Thoughts About the Data Model

The current implementation uses the decorator pattern. Behavior encloses other behavior. Whereas a pipeline is generally thought of as "my output is your input". Behavior is not enclosed, components are distinct.

I will illustrate this. Consider a pipeline of three functions A, B, and C. The way a developer would mentally conceive of this pipeline is illustrated below:

Input => A => B => C => Output

However, Arroyo defines pipelines that generate this call stack:

Input => A => B => C => B => A => Output

This difference can be described in code. You can see the inversion of the function ordering. This is required to satisfy the decorator pattern. A component must be defined after and execute before its dependency.

# Pipeline Pattern
A = lambda: ...
B = lambda: ...
C = lambda: ...

A()
B()
C()

# Decorator Pattern
C = lambda: ...
B = lambda: C()
A = lambda: B()

A()

This is not a problem per se. It could cause confusion in certain circumstances but I think with the right interface much of that confusion could be limited without changes to the underlying data model.

Desired implementation

Consider the following pipeline. A consumer receives a payload containing type and value fields. We want to multiply the message’s value field by 2 if it is of the multiply type. Otherwise we drop the message.

steps = [
    FilterStep(lambda msg: msg["type"] == "multiply"),
    ApplyStep(lambda msg: msg["value"] = msg["value"] * 2)  # this is broken psuedo code.  pretend it returns the mutated msg.
]

The steps are defined as a list and not a linked-list. The steps function identically to the current steps and implement the submit, poll workflow.

FilterStep removes items from processing. ApplyStep applies functions to a message and returns the output. These are provided by Arroyo. The lambdas are user-defined. Notice the steps do not enclose one another. They are totally independent and can be composed in any order.

However, this is not a complete pipeline. How are the steps called? For this we need another layer.

steps = [
    FilterStep(lambda m: m["type"] == "multiply"),
    ApplyStep(lambda m: m["value"] = m["value"] * 2)
]

pipeline = SynchronousPipeline(steps=steps)
pipeline.submit(message)
pipeline.poll()

The SynchronousPipeline would be provided by Arroyo in this hypothetical. It works how you would think. It calls submit and poll on all its steps. At this layer we can do things like catch exceptions. We can manage backpressure.

Almost done but not quite. We need to commit the message.

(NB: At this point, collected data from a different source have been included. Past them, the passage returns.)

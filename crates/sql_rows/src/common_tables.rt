//! The tables of every service, as they are made.

ghost use Rattle.std.specs.Prelude.{◌≡◌, OnOk, IsTrue, [], ◌∷◌, ◌++◌};
ghost use Rattle.sqlite.specs.Held.{state};
ghost use Rattle.sqlite.specs.State.{HasCleanDisk};
ghost use Rattle.sql_rows.specs.Schema.{AreMade, IsUnderWay, Makes, common_tables, journal, outbox, out_marks};
ghost use Rattle.sql_rows.specs.Schema.{in_marks, held};

use crate::statements::write;
use sqlite::{Alter, Error, Transaction};

/// Makes the table of what the entities processed.
fn create_journal<S: Alter>(tx: &mut Transaction<'_, S>) -> Result<usize, Error>
    requires made { HasCleanDisk (state S.Store tx.old.conn.now) → AreMade [] (state S.Store tx.old.conn.now).now }
    requires inside { HasCleanDisk (state S.Store tx.old.conn.now)
        → IsTrue (state S.Store tx.old.conn.now).in_transaction }
    ensures same_reference { tx.new.conn.ghost_name ≡ tx.old.conn.ghost_name }
    ensures ok { HasCleanDisk (state S.Store tx.new.conn.now)
        → OnOk result (Makes (journal ∷ []) (state S.Store tx.old.conn.now) (state S.Store tx.new.conn.now)) }
    ensures on { IsUnderWay (state S.Store tx.old.conn.now) (state S.Store tx.new.conn.now) }
{
    // STRICT, here and below: a column holds values of its own type alone.
    write(
        tx,
        "CREATE TABLE journal (pos INTEGER PRIMARY KEY, entity TEXT NOT NULL, seat INTEGER, \
         sender TEXT, number INTEGER, body TEXT NOT NULL) STRICT",
        &[],
    )
}

/// Makes the table of the letters that were sent and aren't settled.
fn create_outbox<S: Alter>(tx: &mut Transaction<'_, S>) -> Result<usize, Error>
    requires made { HasCleanDisk (state S.Store tx.old.conn.now)
        → AreMade (journal ∷ []) (state S.Store tx.old.conn.now).now }
    requires inside { HasCleanDisk (state S.Store tx.old.conn.now)
        → IsTrue (state S.Store tx.old.conn.now).in_transaction }
    ensures same_reference { tx.new.conn.ghost_name ≡ tx.old.conn.ghost_name }
    ensures ok { HasCleanDisk (state S.Store tx.new.conn.now)
        → OnOk result (Makes (journal ∷ outbox ∷ [])
        (state S.Store tx.old.conn.now) (state S.Store tx.new.conn.now)) }
    ensures on { IsUnderWay (state S.Store tx.old.conn.now) (state S.Store tx.new.conn.now) }
{
    // The key is the order in which letters are listed: by pair, and then by number.
    write(
        tx,
        "CREATE TABLE outbox (sender TEXT NOT NULL, receiver TEXT NOT NULL, \
         number INTEGER NOT NULL, body TEXT NOT NULL, \
         PRIMARY KEY (sender, receiver, number)) STRICT",
        &[],
    )
}

/// Makes the table of the last numbers sent and settled.
fn create_out_marks<S: Alter>(tx: &mut Transaction<'_, S>) -> Result<usize, Error>
    requires made { HasCleanDisk (state S.Store tx.old.conn.now)
        → AreMade (journal ∷ outbox ∷ []) (state S.Store tx.old.conn.now).now }
    requires inside { HasCleanDisk (state S.Store tx.old.conn.now)
        → IsTrue (state S.Store tx.old.conn.now).in_transaction }
    ensures same_reference { tx.new.conn.ghost_name ≡ tx.old.conn.ghost_name }
    ensures ok { HasCleanDisk (state S.Store tx.new.conn.now)
        → OnOk result (Makes (journal ∷ outbox ∷ out_marks ∷ [])
        (state S.Store tx.old.conn.now) (state S.Store tx.new.conn.now)) }
    ensures on { IsUnderWay (state S.Store tx.old.conn.now) (state S.Store tx.new.conn.now) }
{
    // The check refuses a mark above what was sent, whatever the code before it does.
    write(
        tx,
        "CREATE TABLE out_marks (sender TEXT NOT NULL, receiver TEXT NOT NULL, \
         sent INTEGER NOT NULL, settled INTEGER NOT NULL CHECK (settled <= sent), \
         PRIMARY KEY (sender, receiver)) STRICT",
        &[],
    )
}

/// Makes the table of the last numbers handled.
fn create_in_marks<S: Alter>(tx: &mut Transaction<'_, S>) -> Result<usize, Error>
    requires made { HasCleanDisk (state S.Store tx.old.conn.now)
        → AreMade (journal ∷ outbox ∷ out_marks ∷ []) (state S.Store tx.old.conn.now).now }
    requires inside { HasCleanDisk (state S.Store tx.old.conn.now)
        → IsTrue (state S.Store tx.old.conn.now).in_transaction }
    ensures same_reference { tx.new.conn.ghost_name ≡ tx.old.conn.ghost_name }
    ensures ok { HasCleanDisk (state S.Store tx.new.conn.now)
        → OnOk result (Makes (journal ∷ outbox ∷ out_marks ∷ in_marks ∷ [])
        (state S.Store tx.old.conn.now) (state S.Store tx.new.conn.now)) }
    ensures on { IsUnderWay (state S.Store tx.old.conn.now) (state S.Store tx.new.conn.now) }
{
    // 1099511627776 is 2^40, the last number that a letter can have. A proof needs this check: one more than such a
    // mark is a number, and no fraction.
    write(
        tx,
        "CREATE TABLE in_marks (sender TEXT NOT NULL, receiver TEXT NOT NULL, \
         handled INTEGER NOT NULL CHECK (handled >= 0 AND handled <= 1099511627776), \
         PRIMARY KEY (sender, receiver)) STRICT",
        &[],
    )
}

/// Makes the table of the letters that came too early.
fn create_held<S: Alter>(tx: &mut Transaction<'_, S>) -> Result<usize, Error>
    requires made { HasCleanDisk (state S.Store tx.old.conn.now)
        → AreMade (journal ∷ outbox ∷ out_marks ∷ in_marks ∷ []) (state S.Store tx.old.conn.now).now }
    requires inside { HasCleanDisk (state S.Store tx.old.conn.now)
        → IsTrue (state S.Store tx.old.conn.now).in_transaction }
    ensures same_reference { tx.new.conn.ghost_name ≡ tx.old.conn.ghost_name }
    ensures ok { HasCleanDisk (state S.Store tx.new.conn.now)
        → OnOk result (Makes (journal ∷ outbox ∷ out_marks ∷ in_marks ∷ held ∷ [])
        (state S.Store tx.old.conn.now) (state S.Store tx.new.conn.now)) }
    ensures on { IsUnderWay (state S.Store tx.old.conn.now) (state S.Store tx.new.conn.now) }
{
    // The key has the number: of two early letters with one number there is one row.
    write(
        tx,
        "CREATE TABLE held (sender TEXT NOT NULL, receiver TEXT NOT NULL, number INTEGER NOT NULL, \
         body TEXT NOT NULL, PRIMARY KEY (sender, receiver, number)) STRICT",
        &[],
    )
}

/// Makes the tables of the journal, of the outbox and of the marks of what is sent.
#[tactic(auto, using(crate::proofs::Creates::then_makes, crate::proofs::Creates::then_goes_on))]
fn create_outgoing<S: Alter>(tx: &mut Transaction<'_, S>) -> Result<usize, Error>
    requires made { HasCleanDisk (state S.Store tx.old.conn.now) → AreMade [] (state S.Store tx.old.conn.now).now }
    requires inside { HasCleanDisk (state S.Store tx.old.conn.now)
        → IsTrue (state S.Store tx.old.conn.now).in_transaction }
    ensures same_reference { tx.new.conn.ghost_name ≡ tx.old.conn.ghost_name }
    ensures ok { HasCleanDisk (state S.Store tx.new.conn.now)
        → OnOk result (Makes (journal ∷ outbox ∷ out_marks ∷ [])
        (state S.Store tx.old.conn.now) (state S.Store tx.new.conn.now)) }
    ensures on { IsUnderWay (state S.Store tx.old.conn.now) (state S.Store tx.new.conn.now) }
{
    create_journal(tx)?;
    create_outbox(tx)?;
    create_out_marks(tx)
}

/// Makes the tables of the marks of what arrives and of held letters.
#[tactic(auto, using(crate::proofs::Creates::then_makes, crate::proofs::Creates::then_goes_on))]
fn create_incoming<S: Alter>(tx: &mut Transaction<'_, S>) -> Result<usize, Error>
    requires made { HasCleanDisk (state S.Store tx.old.conn.now)
        → AreMade (journal ∷ outbox ∷ out_marks ∷ []) (state S.Store tx.old.conn.now).now }
    requires inside { HasCleanDisk (state S.Store tx.old.conn.now)
        → IsTrue (state S.Store tx.old.conn.now).in_transaction }
    ensures same_reference { tx.new.conn.ghost_name ≡ tx.old.conn.ghost_name }
    ensures ok { HasCleanDisk (state S.Store tx.new.conn.now)
        → OnOk result (Makes common_tables (state S.Store tx.old.conn.now) (state S.Store tx.new.conn.now)) }
    ensures on { IsUnderWay (state S.Store tx.old.conn.now) (state S.Store tx.new.conn.now) }
{
    create_in_marks(tx)?;
    create_held(tx)
}

/// Makes the five tables that every service has.
#[tactic(auto, using(crate::proofs::Creates::then_makes, crate::proofs::Creates::then_goes_on))]
pub fn create_common<S: Alter>(tx: &mut Transaction<'_, S>) -> Result<usize, Error>
    requires made { HasCleanDisk (state S.Store tx.old.conn.now) → AreMade [] (state S.Store tx.old.conn.now).now }
    requires inside { HasCleanDisk (state S.Store tx.old.conn.now)
        → IsTrue (state S.Store tx.old.conn.now).in_transaction }
    ensures same_reference { tx.new.conn.ghost_name ≡ tx.old.conn.ghost_name }
    ensures ok { HasCleanDisk (state S.Store tx.new.conn.now)
        → OnOk result (Makes common_tables (state S.Store tx.old.conn.now) (state S.Store tx.new.conn.now)) }
    ensures on { IsUnderWay (state S.Store tx.old.conn.now) (state S.Store tx.new.conn.now) }
{
    create_outgoing(tx)?;
    create_incoming(tx)
}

pipeline = SynchronousPipeline(
    steps=[
        FilterStep(lambda m: m["type"] == "multiply"),
        ApplyStep(lambda m: m["value"] = m["value"] * 2)
    ],
    next_step=CommitStep(commit)
)

pipeline.submit(message)
pipeline.poll()

Pipelines implement a linked list pattern for accessing next steps. They function almost identically to the current Arroyo implementation. Pipelines decorate their next steps. Pipeline steps (the sub-steps defined as a list) do not decorate one another and are independent components.

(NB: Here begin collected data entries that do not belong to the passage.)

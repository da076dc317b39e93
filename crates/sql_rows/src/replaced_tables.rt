//! The tables of version 2 in place of those of version 1. Only purchasing's differ.

ghost use Rattle.std.specs.Prelude.{◌≡◌, OnOk, IsTrue, true, [], ◌∷◌, ◌++◌, pos};
ghost use Rattle.sqlite.specs.Held.{state};
ghost use Rattle.sqlite.specs.State.{HasCleanDisk, KeepsCommit, Survives};
ghost use Rattle.sqlite.specs.declared.types.Value.TheVariants.{Int, Null, Text};
ghost use Rattle.sql_rows.specs.FirstVersion.{IsReplaced, IsTold, Rebuilds, first_purchasing, orders};
ghost use Rattle.sql_rows.specs.Schema.{IsUnderWay, about, about_tree, common_tables, name_of, order_heads};
ghost use Rattle.sql_rows.specs.Schema.{order_lines, schema_of, schema_with};
ghost use Rattle.sql_rows.specs.Tables.{Adds, Edits, IsCut, IsRising};

use crate::service::Service;
use crate::statements::{text, write};
use sqlite::{Alter, Error, Transaction};

/// Drops the table that tells whose tables they are.
fn drop_about<S: Alter>(tx: &mut Transaction<'_, S>) -> Result<usize, Error>
    requires schema { HasCleanDisk (state S.Store tx.old.conn.now)
        → (state S.Store tx.old.conn.now).now.schema ≡ first_purchasing }
    requires inside { HasCleanDisk (state S.Store tx.old.conn.now)
        → IsTrue (state S.Store tx.old.conn.now).in_transaction }
    ensures same_reference { tx.new.conn.ghost_name ≡ tx.old.conn.ghost_name }
    ensures ok { HasCleanDisk (state S.Store tx.new.conn.now)
        → OnOk result (Rebuilds (common_tables ++ orders ∷ []) []
        (state S.Store tx.old.conn.now) (state S.Store tx.new.conn.now)) }
    ensures on { IsUnderWay (state S.Store tx.old.conn.now) (state S.Store tx.new.conn.now) }
{
    write(tx, "DROP TABLE about", &[])
}

/// Drops the orders.
fn drop_orders<S: Alter>(tx: &mut Transaction<'_, S>) -> Result<usize, Error>
    requires schema { HasCleanDisk (state S.Store tx.old.conn.now)
        → (state S.Store tx.old.conn.now).now.schema ≡ schema_with (common_tables ++ orders ∷ []) }
    requires inside { HasCleanDisk (state S.Store tx.old.conn.now)
        → IsTrue (state S.Store tx.old.conn.now).in_transaction }
    ensures same_reference { tx.new.conn.ghost_name ≡ tx.old.conn.ghost_name }
    ensures ok { HasCleanDisk (state S.Store tx.new.conn.now)
        → OnOk result (Rebuilds common_tables []
        (state S.Store tx.old.conn.now) (state S.Store tx.new.conn.now)) }
    ensures on { IsUnderWay (state S.Store tx.old.conn.now) (state S.Store tx.new.conn.now) }
{
    write(tx, "DROP TABLE orders", &[])
}

/// Makes the table of the heads of orders, after tables that have rows.
fn rebuild_order_heads<S: Alter>(tx: &mut Transaction<'_, S>) -> Result<usize, Error>
    requires schema { HasCleanDisk (state S.Store tx.old.conn.now)
        → (state S.Store tx.old.conn.now).now.schema ≡ schema_with common_tables }
    requires inside { HasCleanDisk (state S.Store tx.old.conn.now)
        → IsTrue (state S.Store tx.old.conn.now).in_transaction }
    ensures same_reference { tx.new.conn.ghost_name ≡ tx.old.conn.ghost_name }
    ensures ok { HasCleanDisk (state S.Store tx.new.conn.now)
        → OnOk result (Rebuilds common_tables (order_heads ∷ [])
        (state S.Store tx.old.conn.now) (state S.Store tx.new.conn.now)) }
    ensures on { IsUnderWay (state S.Store tx.old.conn.now) (state S.Store tx.new.conn.now) }
{
    // The text is that of `create_order_heads`, whose contract is for tables without rows.
    write(
        tx,
        "CREATE TABLE order_heads (key TEXT NOT NULL, account TEXT NOT NULL, \
         amount INTEGER NOT NULL, status TEXT NOT NULL, account_phase TEXT NOT NULL, \
         PRIMARY KEY (key)) STRICT",
        &[],
    )
}

/// Makes the table of the lines of orders, after that of their heads.
fn rebuild_order_lines<S: Alter>(tx: &mut Transaction<'_, S>) -> Result<usize, Error>
    requires schema { HasCleanDisk (state S.Store tx.old.conn.now)
        → (state S.Store tx.old.conn.now).now.schema ≡ schema_with (common_tables ++ order_heads ∷ []) }
    requires inside { HasCleanDisk (state S.Store tx.old.conn.now)
        → IsTrue (state S.Store tx.old.conn.now).in_transaction }
    ensures same_reference { tx.new.conn.ghost_name ≡ tx.old.conn.ghost_name }
    ensures ok { HasCleanDisk (state S.Store tx.new.conn.now)
        → OnOk result (Rebuilds (common_tables ++ order_heads ∷ []) (order_lines ∷ [])
        (state S.Store tx.old.conn.now) (state S.Store tx.new.conn.now)) }
    ensures on { IsUnderWay (state S.Store tx.old.conn.now) (state S.Store tx.new.conn.now) }
{
    write(
        tx,
        "CREATE TABLE order_lines (order_key TEXT NOT NULL REFERENCES order_heads (key), \
         line INTEGER NOT NULL CHECK (line >= 1 AND line <= 8), stock TEXT NOT NULL, \
         n INTEGER NOT NULL, phase TEXT NOT NULL, PRIMARY KEY (order_key, line), \
         UNIQUE (order_key, stock)) STRICT",
        &[],
    )
}

/// Makes the table that says whose tables they are, after those of orders.
fn rebuild_about<S: Alter>(tx: &mut Transaction<'_, S>) -> Result<usize, Error>
    requires schema { HasCleanDisk (state S.Store tx.old.conn.now)
        → (state S.Store tx.old.conn.now).now.schema ≡ schema_with (common_tables ++ order_heads ∷ order_lines ∷ []) }
    requires inside { HasCleanDisk (state S.Store tx.old.conn.now)
        → IsTrue (state S.Store tx.old.conn.now).in_transaction }
    ensures same_reference { tx.new.conn.ghost_name ≡ tx.old.conn.ghost_name }
    ensures ok { HasCleanDisk (state S.Store tx.new.conn.now)
        → OnOk result (Rebuilds (common_tables ++ order_heads ∷ order_lines ∷ []) (about 14 ∷ [])
        (state S.Store tx.old.conn.now) (state S.Store tx.new.conn.now)) }
    ensures on { IsUnderWay (state S.Store tx.old.conn.now) (state S.Store tx.new.conn.now) }
{
    write(
        tx,
        "CREATE TABLE about (one INTEGER PRIMARY KEY CHECK (one = 1), version INTEGER NOT NULL, \
         service TEXT NOT NULL) STRICT",
        &[],
    )
}

/// Tells whose tables they are, in version 2.
fn tell_version<S: Alter>(tx: &mut Transaction<'_, S>, service: Service) -> Result<usize, Error>
    requires schema { HasCleanDisk (state S.Store tx.old.conn.now)
        → (state S.Store tx.old.conn.now).now.schema ≡ schema_of service }
    requires rising { HasCleanDisk (state S.Store tx.old.conn.now)
        → IsRising ((state S.Store tx.old.conn.now).now.trees (about_tree service)) }
    requires inside { HasCleanDisk (state S.Store tx.old.conn.now)
        → IsTrue (state S.Store tx.old.conn.now).in_transaction }
    ensures same_reference { tx.new.conn.ghost_name ≡ tx.old.conn.ghost_name }
    ensures ok { HasCleanDisk (state S.Store tx.new.conn.now)
        → OnOk result (Edits (about_tree service)
        (Adds (Null ∷ Int (pos 2) ∷ Text (name_of service) ∷ []))
        (state S.Store tx.old.conn.now) (state S.Store tx.new.conn.now)) }
    ensures on { IsUnderWay (state S.Store tx.old.conn.now) (state S.Store tx.new.conn.now) }
{
    write(
        tx,
        "INSERT INTO about (version, service) VALUES (2, ?1)",
        &[text(service.name())],
    )
}

/// Forgets whose tables they are.
fn forget_version<S: Alter>(tx: &mut Transaction<'_, S>, _service: Service) -> Result<usize, Error>
    requires schema { HasCleanDisk (state S.Store tx.old.conn.now)
        → (state S.Store tx.old.conn.now).now.schema ≡ schema_of _service }
    requires rising { HasCleanDisk (state S.Store tx.old.conn.now)
        → IsRising ((state S.Store tx.old.conn.now).now.trees (about_tree _service)) }
    requires inside { HasCleanDisk (state S.Store tx.old.conn.now)
        → IsTrue (state S.Store tx.old.conn.now).in_transaction }
    ensures same_reference { tx.new.conn.ghost_name ≡ tx.old.conn.ghost_name }
    ensures ok { HasCleanDisk (state S.Store tx.new.conn.now)
        → OnOk result (Edits (about_tree _service) (IsCut (λ _. true))
        (state S.Store tx.old.conn.now) (state S.Store tx.new.conn.now)) }
    ensures on { IsUnderWay (state S.Store tx.old.conn.now) (state S.Store tx.new.conn.now) }
{
    write(tx, "DELETE FROM about", &[])
}

/// Drops both tables that version 1 had of its own.
#[tactic(auto, using(crate::proofs::Creates::then_goes_on, crate::proofs::FirstVersionTables::then_drops))]
fn drop_first<S: Alter>(tx: &mut Transaction<'_, S>) -> Result<usize, Error>
    requires schema { HasCleanDisk (state S.Store tx.old.conn.now)
        → (state S.Store tx.old.conn.now).now.schema ≡ first_purchasing }
    requires inside { HasCleanDisk (state S.Store tx.old.conn.now)
        → IsTrue (state S.Store tx.old.conn.now).in_transaction }
    ensures same_reference { tx.new.conn.ghost_name ≡ tx.old.conn.ghost_name }
    ensures ok { HasCleanDisk (state S.Store tx.new.conn.now)
        → OnOk result (Rebuilds common_tables []
        (state S.Store tx.old.conn.now) (state S.Store tx.new.conn.now)) }
    ensures on { IsUnderWay (state S.Store tx.old.conn.now) (state S.Store tx.new.conn.now) }
{
    // `about` is made again too: schemas are compared table by table, and it has to be the last.
    drop_about(tx)?;
    drop_orders(tx)
}

/// Makes the three tables that version 2 has in place of the two of version 1.
#[tactic(auto, using(crate::proofs::FirstVersionTables::making))]
fn rebuild<S: Alter>(tx: &mut Transaction<'_, S>) -> Result<usize, Error>
    requires schema { HasCleanDisk (state S.Store tx.old.conn.now)
        → (state S.Store tx.old.conn.now).now.schema ≡ schema_with common_tables }
    requires inside { HasCleanDisk (state S.Store tx.old.conn.now)
        → IsTrue (state S.Store tx.old.conn.now).in_transaction }
    ensures same_reference { tx.new.conn.ghost_name ≡ tx.old.conn.ghost_name }
    ensures ok { HasCleanDisk (state S.Store tx.new.conn.now)
        → OnOk result (Rebuilds common_tables (order_heads ∷ order_lines ∷ about 14 ∷ [])
        (state S.Store tx.old.conn.now) (state S.Store tx.new.conn.now)) }
    ensures on { IsUnderWay (state S.Store tx.old.conn.now) (state S.Store tx.new.conn.now) }
{
    // In the order in which a new file gets them: a schema is compared with a new one, table by table.
    rebuild_order_heads(tx)?;
    rebuild_order_lines(tx)?;
    rebuild_about(tx)
}

/// Puts the tables of purchasing in place of those of version 1, with no order; what the others have is as it was. The
/// orders of version 1 are gone after it: they have to be read before.
#[tactic(auto, using(crate::proofs::FirstVersionTables::replacing))]
pub fn replace_tables<S: Alter>(tx: &mut Transaction<'_, S>) -> Result<usize, Error>
    requires schema { HasCleanDisk (state S.Store tx.old.conn.now)
        → (state S.Store tx.old.conn.now).now.schema ≡ first_purchasing }
    requires inside { HasCleanDisk (state S.Store tx.old.conn.now)
        → IsTrue (state S.Store tx.old.conn.now).in_transaction }
    ensures same_reference { tx.new.conn.ghost_name ≡ tx.old.conn.ghost_name }
    ensures ok { HasCleanDisk (state S.Store tx.new.conn.now)
        → OnOk result (IsReplaced (state S.Store tx.old.conn.now) (state S.Store tx.new.conn.now)) }
    ensures kept { HasCleanDisk (state S.Store tx.new.conn.now)
        → KeepsCommit (state S.Store tx.old.conn.now) (state S.Store tx.new.conn.now) }
    ensures survives { Survives (state S.Store tx.old.conn.now) (state S.Store tx.new.conn.now) (λ _. ⊥) }
{
    drop_first(tx)?;
    rebuild(tx)?;
    tell_version(tx, Service::Purchasing)
}

/// Tells, in place of what the table `about` told, that they are the tables of this service in version 2.
#[tactic(auto, using(crate::proofs::Creates::then_goes_on))]
pub fn set_version<S: Alter>(tx: &mut Transaction<'_, S>, service: Service) -> Result<usize, Error>
    requires schema { HasCleanDisk (state S.Store tx.old.conn.now)
        → (state S.Store tx.old.conn.now).now.schema ≡ schema_of service }
    requires rising { HasCleanDisk (state S.Store tx.old.conn.now)
        → IsRising ((state S.Store tx.old.conn.now).now.trees (about_tree service)) }
    requires inside { HasCleanDisk (state S.Store tx.old.conn.now)
        → IsTrue (state S.Store tx.old.conn.now).in_transaction }
    ensures same_reference { tx.new.conn.ghost_name ≡ tx.old.conn.ghost_name }
    ensures ok { HasCleanDisk (state S.Store tx.new.conn.now)
        → OnOk result (Edits (about_tree service) (IsTold service)
        (state S.Store tx.old.conn.now) (state S.Store tx.new.conn.now)) }
    ensures kept { HasCleanDisk (state S.Store tx.new.conn.now)
        → KeepsCommit (state S.Store tx.old.conn.now) (state S.Store tx.new.conn.now) }
    ensures survives { Survives (state S.Store tx.old.conn.now) (state S.Store tx.new.conn.now) (λ _. ⊥) }
{
    // Deleted and inserted, as `about` takes no second row.
    forget_version(tx, service)?;
    tell_version(tx, service)
}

Why isn’t CommitStep in the steps list? Well it can be but it makes sense to call it as a linked next_step. This will become more clear in the next example. next_step could also be a nested pipeline.

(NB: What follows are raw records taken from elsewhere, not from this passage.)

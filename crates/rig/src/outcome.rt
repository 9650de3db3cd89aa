// A rig and a part of it.
ghost use Rattle.std.specs.Prelude.{◌≡◌, ◌<◌};
ghost use Rattle.events.specs.Calls.{turned as turned_by};
ghost use Rattle.rig.specs.inner.Turn.{PartAtPost, unturned_by};

use config::Refusal;
use events::{Change, Part, Places, Rig, Turn};
use parties::Answer;

// A refusal, with the rig as it was.
pub(crate) fn unturned(rig: Rig, why: Refusal) -> Turn
    ensures { result ≡ unturned_by why rig }
{
    Turn {
        answer: Answer::No(why),
        rig,
    }
}

// What stands in two places of a rig.
pub(crate) fn part_of(rig: Rig, places: Places) -> Part
    requires { (places.server < 16) × (places.client < 16) }
    ensures { PartAtPost rig places result }
{
    let s = places.server;
    let c = places.client;
    Part::of(places, rig.servers[s], rig.clients[c], rig.count)
}

// A rig with what an event leaves of a part of it put in its places.
pub(crate) fn turned(mut rig: Rig, change: Change) -> Turn
    requires { (change.part.server < 16) × (change.part.client < 16) }
    ensures { result ≡ turned_by rig change }
{
    let answer = change.answer;
    let part = change.part;
    let s = part.server;
    let c = part.client;
    let pair = part.pair;
    let node = pair.node;
    let state = pair.client;
    rig.servers[s] = node;
    rig.clients[c] = state;
    rig.count = part.count;
    Turn { answer, rig }
}
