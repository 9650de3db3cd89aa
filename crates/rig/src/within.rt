// Question 6 of what a rig keeps, place by place.
ghost use Rattle.std.specs.Prelude.{◌&&◌, ◌≡◌, ◌≤◌};
ghost use Rattle.config.specs.Config.{Valid};
ghost use Rattle.events.specs.Questions.{parties_within};
ghost use Rattle.rig.specs.inner.Within.{client_yes, server_yes};

use config::Config;
use events::Rig;
use parties::Node;

// Whether the server of place i, if the place is in use, has the number of its place, and what it keeps is within its limits.
fn server(cfg: Config, i: usize, x: Node) -> bool
    requires { Valid cfg }
    ensures { result ≡ server_yes cfg i x }
{
    if cfg.n <= i {
        return true;
    }
    parties::questions::server(cfg, i, x).is_ok()
}

// The same of the client of place i.
fn client(cfg: Config, i: usize, x: client::State) -> bool
    requires { Valid cfg }
    ensures { result ≡ client_yes cfg i x }
{
    if cfg.c <= i {
        return true;
    }
    parties::questions::client(cfg, i, x).is_ok()
}

// The same of both parties of place i.
fn place(cfg: Config, i: usize, x: Node, y: client::State) -> bool
    requires { Valid cfg }
    ensures { result ≡ (server_yes cfg i x && client_yes cfg i y) }
{
    if !server(cfg, i, x) {
        return false;
    }
    client(cfg, i, y)
}

// How many places are in use: the greater of N and C.
fn places(cfg: Config) -> usize
    requires { Valid cfg }
    ensures { (cfg.n ≤ result) × (cfg.c ≤ result) × (result ≤ 16) }
{
    if cfg.n < cfg.c {
        return cfg.c;
    }
    cfg.n
}

// Whether what every party of a rig keeps is within its limits.
pub(crate) fn all(cfg: Config, rig: Rig) -> bool
    requires { Valid cfg }
    ensures { result ≡ parties_within cfg rig }
{
    for i in 0..places(cfg) {
        if !place(cfg, i, rig.servers[i], rig.clients[i]) {
            return false;
        }
    }
    true
}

Real world example (Replays)

Replays is like attachments. Chunked messages come in. A capstone comes in. The capstone commits. If the capstone fails the chunks can be retried because they never commit. If a message raises an exception, it should log but NOT commit.

# Catches exceptions and logs them. Exception prevents commit.
pipeline = LogExceptionPipeline(
    message="Recording pipeline failed.",
    steps=[
        # Unpack the message.
        TransformStep(msgpack.unpackb),
        # Cache it if its the right type.
        TransformStep(cache_if_chunk),
        # Filter out the messages we just cached.  They should not be committed.
        FilterStep(filter_chunk_message),
        # In a thread store the chunks in GCS (chunks are fetched from cache).
        RunTaskInThreads(
            store_chunks,
            concurrency=16,
            max_pending_futures=32,
        ),
    ],

    # Next step is composed the same way Arroyo composes now.
    next_step=CommitStep(commit),  # Can be a pipeline or a step.
)
return pipeline

With the CommitStep defined as a next step it exists outside of the try catch pipeline and is unimpacted by its behavior. In other words, the CommitStep is free to raise.

Compare to the current arroyo implementation:

# Commits are made in batches.
commit_strategy = CommitOffsets(commit)
# In a thread store the chunks in GCS (chunks are fetched from cache).
store_strategy = RunTaskInThreads(
    processing_function=store_chunks,
    concurrency=16,
    max_pending_futures=32,
    next_step=commit_strategy,
)
# Filter out the messages we just cached.  They should not be committed.
filter_chunks_strategy = FilterStep(filter_chunks, next_step=store_strategy)
# Cache it if its the right type.
cache_strategy = TransformStep(cache_if_chunk, next_step=filter_chunks_strategy)
# Unpack the message.
deserialize_strategy = TransformStep(deserialize, next_step=cache_strategy)
# Catches exceptions and logs them.  Pipeline stops.  Commit is never reached.
log_error_strategy = LogExceptionStep(next_step=deserialize_strategy)

return log_error_strategy

Its less clear how things are composed. How Steps interact with one another. By refactoring the steps to be more isolated, we can clearly understand how all of the components interact with one another. The proposed implementation also has the benefit of presenting the pipeline steps in order.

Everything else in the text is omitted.